** Source information follows **

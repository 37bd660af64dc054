//! Tokens one by one.

ghost use Rattle.std.specs.Prelude.{◌≡◌, ◌↔◌, IsTrue, [], ◌∷◌, length, All};
ghost use Rattle.grammar.specs.Lang as lang;
ghost use Rattle.grammar.specs.Reader as reader;
ghost use Rattle.st_ast.specs.Grammar as grammar;
ghost use Rattle.st_read.specs.Marks.{IsMark, tokens_of};
ghost use Rattle.st_read.specs.Gives.{Gives};
ghost use Rattle.st_read.specs.Reading as reading;

use crate::error::Stop;
use crate::marks::{Mark, Token};
use st_ast::TokenKind;
use std::marker::Model;

/// The tokens from a place in a text on.
#[derive(Drop)]
pub struct Tokens<'a> {
    text: &'a [u8],
    marks: &'a [Mark],
}

impl<'a> Model for Tokens<'a> {
    ghost use Rattle.std.specs.Prelude.{List, All};
    ghost use Rattle.st_ast.specs.Tokens as tokens;
    ghost use Rattle.st_read.specs.Marks.{IsMark, tokens_of};

    ghost Value = { List tokens.Token };

    ghost view = { λ t. tokens_of t.text.now t.marks.now };

    ghost invariant = { λ t. All (IsMark t.text.now) t.marks.now };
}

/// What is read from the front, and what is left.
pub type Read<'a, T> = Result<(T, Tokens<'a>), Stop>;

impl<'a> Tokens<'a> {
    /// The tokens at these places of a text.
    pub fn of(text: &'a [u8], marks: &'a [Mark]) -> Tokens<'a>
        requires { All (IsMark text.now) marks.now }
        ensures { result ≡ tokens_of text.now marks.now }
    {
        Tokens { text, marks }
    }

    /// How many tokens there are.
    #[tactic(auto, using(crate::proofs::Marked::tokens_number))]
    pub fn len(&self) -> usize
        ensures { result ≡ length self.now }
    {
        self.marks.len()
    }

    #[tactic(auto, using(crate::proofs::Marked::tokens_end))]
    pub fn is_empty(&self) -> bool
        ensures { IsTrue result ↔ self.now ≡ [] }
    {
        self.marks.is_empty()
    }

    /// The kind of the next token.
    #[tactic(auto, using(crate::proofs::Marked::marked_kind))]
    pub fn kind(&self) -> Option<TokenKind>
        ensures { result ≡ reading.next_kind self.now }
    {
        match self.marks {
            [] => None,
            [next, _rest @ ..] => Some(next.kind),
        }
    }

    /// How many bytes there are from the next token on.
    pub fn left(&self) -> usize {
        match self.marks {
            [] => 0,
            [next, _rest @ ..] => self.text.len().saturating_sub(next.at as usize),
        }
    }
}

/// The number of a kind.
fn code(kind: TokenKind) -> u8
    ensures { result ≡ grammar.code kind }
{
    kind as u8
}

/// Whether a kind is among these.
fn has(among: &[TokenKind], kind: TokenKind) -> bool
    ensures { result ≡ lang.has (reading.codes_of among.now) (grammar.code kind) }
{
    for one in among {
        if code(*one) == code(kind) {
            return true;
        }
    }
    false
}

/// Whether the next token is of one of these kinds.
#[tactic(auto, using(crate::proofs::Marked::marked_starts))]
pub fn starts(tokens: &Tokens<'_>, among: &[TokenKind]) -> bool
    ensures { result ≡ reader.starts grammar.sort (reading.codes_of among.now) tokens.now }
{
    match tokens.marks {
        [] => false,
        [next, _rest @ ..] => has(among, next.kind),
    }
}

/// A token of one of these kinds.
pub fn one_of<'a>(tokens: Tokens<'a>, among: &[TokenKind]) -> Read<'a, Token<'a>>
    ensures { Gives (λ x. (x.0, x.1)) result (reader.one_at grammar.sort (reading.codes_of among.now) tokens.entry) }
{
    let left = tokens.left();
    let Tokens { text, marks } = tokens;
    match marks {
        [next, rest @ ..] if has(among, next.kind) => {
            Ok((Token::of(text, *next), Tokens::of(text, rest)))
        }
        _ => Err(Stop::NotTaken(left)),
    }
}

/// A token of this kind.
pub fn word(tokens: Tokens<'_>, kind: TokenKind) -> Read<'_, Token<'_>>
    ensures { Gives (λ x. (x.0, x.1)) result (reader.one_at grammar.sort (reading.codes_of (kind ∷ [])) tokens.entry) }
{
    one_of(tokens, &[kind])
}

** End of Source information **

**Description of the task:** Only lines holding the word "sort" are wanted; list them all from the material.

**Response to this exercise:**
    ensures { result ≡ reader.starts grammar.sort (reading.codes_of among.now) tokens.now }
    ensures { Gives (λ x. (x.0, x.1)) result (reader.one_at grammar.sort (reading.codes_of among.now) tokens.entry) }
    ensures { Gives (λ x. (x.0, x.1)) result (reader.one_at grammar.sort (reading.codes_of (kind ∷ [])) tokens.entry) }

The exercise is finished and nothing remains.